The project has been considered an enormous success, and Alibaba is now packaging the system to export to other cities in China – and ultimately, the rest of the world. After a year under the new system, rush hour traffic is down 10% as the system uses hundreds of thousands of cameras dotted through out the city, tracking the movement of almost every car on the roads. It can instantly detect accidents, blockages, and can predict traffic flow 10 minutes ahead of time, then adjusts traffic light patterns to even the flow. Illegal parking is tracked in real time and the system will even contact individual commuters to offer detours and weather advisories.

Here is one the police love. If someone breaks the law, they too can be tracked throughout the city before being picked up by the police. The reality is that a fully ‘smart’ city means that pretty much every aspect of your life is tracked – the privacy issues are huge.

Why does it seem to work so well in Hangzhou? As Alibaba’s project leader, Xian-Sheng Hua stated…“In China, people have less concern with privacy, which allows us to move faster.

“It’s easy to identify when people are not following the ‘normal’ behaviour patterns. Having identified people who are not ‘normal’, they can of course then be tracked – and who they meet with, where they go and so forth can also be quickly identified,” says Paul Bernal at the University of East Anglia, UK. “As a way to control dissident movements or anything the authorities don’t like, it’s perfect.”

According to the Gartner Group, an estimated 2.3 billion connected things will be used in smart cities this year – a 43% increase over 2016. This rise of digital connectivity also exposes a host of vulnerabilities cybercriminals will be lining up to exploit.

In the video game Watch Dogs, you can play a hacker who takes over the central operating system of a futuristic, hyper-connected Chicago. Once you have control over the city’s security system, you can spy on residents using surveillance cameras, intercept phone calls, and cripple the city’s critical infrastructure, bringing the city to its knees.
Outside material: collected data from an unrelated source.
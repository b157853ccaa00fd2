// What a schema states, with its names looked up.
ghost use Rattle.std.specs.Prelude.{◌≡◌, ◌<◌, length, position, Some, slice_get, string_bytes};
ghost use Rattle.std.specs.Str.{bytes_eq};

use std::marker::Model;
use tda_frac::Frac;

#[derive(Debug, Drop)]
pub(crate) struct Attribute {
    pub(crate) name: String,
    pub(crate) values: Vec<String>,
}

impl Model for Attribute {
    ghost use Rattle.std.specs.Prelude.{map, string_bytes};
    ghost use Rattle.tda_model.specs.Schema as model;

    ghost Value = { model.Attribute };

    ghost view = { λ a. record { name = string_bytes a.name; values = map string_bytes a.values.items } };
}

/// Where a text stands among texts.
pub(crate) fn position_in(texts: &[String], bytes: &[u8]) -> Option<usize>
    ensures { result ≡ position (λ t. bytes_eq (string_bytes t) bytes.now) texts.now }
{
    texts.iter().position(|text| text.as_bytes() == bytes)
}

impl Attribute {
    /// The number of the value of this text, if there is one: the values are looked at one after the other.
    pub(crate) fn find(&self, bytes: &[u8]) -> Option<usize>
        ensures { result ≡ position (λ v. bytes_eq v bytes.now) self.now.values }
    {
        position_in(&self.values, bytes)
    }

    /// The text of a value.
    pub(crate) fn value(&self, v: usize) -> &str
        requires { v < length self.now.values }
        ensures { slice_get self.now.values v ≡ Some result.now }
    {
        self.values[v].as_str()
    }
}

/// A label for each value of the attribute `of`.
#[derive(Debug, Drop)]
pub(crate) struct Recode {
    pub(crate) name: String,
    pub(crate) of: usize,
    pub(crate) labels: Vec<String>,
}

impl Model for Recode {
    ghost use Rattle.std.specs.Prelude.{map, string_bytes};
    ghost use Rattle.tda_model.specs.Schema as model;

    ghost Value = { model.Recode };

    ghost view = { λ r. record { name = string_bytes r.name; of = r.of; labels = map string_bytes r.labels.items } };
}

/// An attribute and some of its values: a key of a zero row.
#[derive(Debug, Drop)]
pub(crate) struct Listed {
    pub(crate) attribute: usize,
    pub(crate) values: Vec<u16>,
}

impl Model for Listed {
    ghost use Rattle.tda_model.specs.Schema as model;

    ghost Value = { model.Listed };

    ghost view = { λ l. record { attribute = l.attribute; values = l.values.items } };
}

/// What a query counts by: an attribute's values, or a recode's labels.
#[derive(Clone, Copy, Debug, PartialEq, Eq)]
pub(crate) enum Entry {
    Values(usize),
    Labels(usize),
}

/// A query over all possible cells.
#[derive(Debug, Drop)]
pub(crate) struct Query {
    pub(crate) name: String,
    pub(crate) by: Vec<Entry>,
    pub(crate) share: Frac,
}

impl Model for Query {
    ghost use Rattle.std.specs.Prelude.{[], map, string_bytes};
    ghost use Rattle.tda_model.specs.Schema as model;
    ghost use Rattle.tda_schema.specs.Stated.{entry_of, fraction_of};

    ghost Value = { model.Query };

    ghost view = { λ q. record { name = string_bytes q.name; by = map entry_of q.by.items; only = []; share = fraction_of q.share } };
}

#[derive(Debug, Drop)]
pub(crate) struct Level {
    pub(crate) name: String,
    pub(crate) queries: Vec<Query>,
}

impl Model for Level {
    ghost use Rattle.std.specs.Prelude.{string_bytes};
    ghost use Rattle.tda_model.specs.Schema as model;

    ghost Value = { model.Level };

    ghost view = { λ l. record { name = string_bytes l.name; queries = l.queries.items } };
}

#[derive(Debug, Drop)]
pub(crate) struct Stated {
    pub(crate) total: Frac,
    pub(crate) attributes: Vec<Attribute>,
    pub(crate) recodes: Vec<Recode>,
    pub(crate) zeros: Vec<Vec<Listed>>,
    pub(crate) levels: Vec<Level>,
}

impl Model for Stated {
    ghost use Rattle.std.specs.Prelude.{map};
    ghost use Rattle.tda_model.specs.Schema as model;
    ghost use Rattle.tda_schema.specs.Stated.{fraction_of};

    ghost Value = { model.Schema };

    ghost view = { λ s. record {
      total = fraction_of s.total;
      attributes = s.attributes.items;
      recodes = s.recodes.items;
      zeros = map (λ r. r.items) s.zeros.items;
      levels = s.levels.items;
    } };
}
While Watch Dogs is just a game, it illustrates a scenario that could happen in today’s increasingly smart cities. It was only recently that a major hack took place that targeted Internet infrastructure in the US with one of the largest DDoS attacks ever recorded. The root cause was tracked back to overlooked security vulnerabilities in hundreds of thousands of compromised connected video cameras. Similar Internet of Things (IoT) enabled cameras and sensors are driving forward the Smart City initiative that depends on these devices to manage the entire city’s infrastructure and assets. Essentially, this dependency suggests that even the smallest of security weak points within the Smart City infrastructure can escalate security exploitation to unimaginable and uncontrollable levels.

We are becoming a society that is more and more willing to have our every movement and conversation monitored for the perceived convenience of a ‘safer’ and more efficient city. We are giving up our individual rights and freedoms so that big government can better protect us.

It is a timely thought, as recently we had Remembrance Day in Canada, and Memorial Day in the US. On these days we honoured those who gave their lives to protect our rights and freedoms. The question going forward is, have we become too eager to give up those rights and freedoms that so many have died to preserve, simply to make our lives more convenient? A smart city is in reality, a surveillance city, where citizens’ privacy is the cost of the efficiency gains.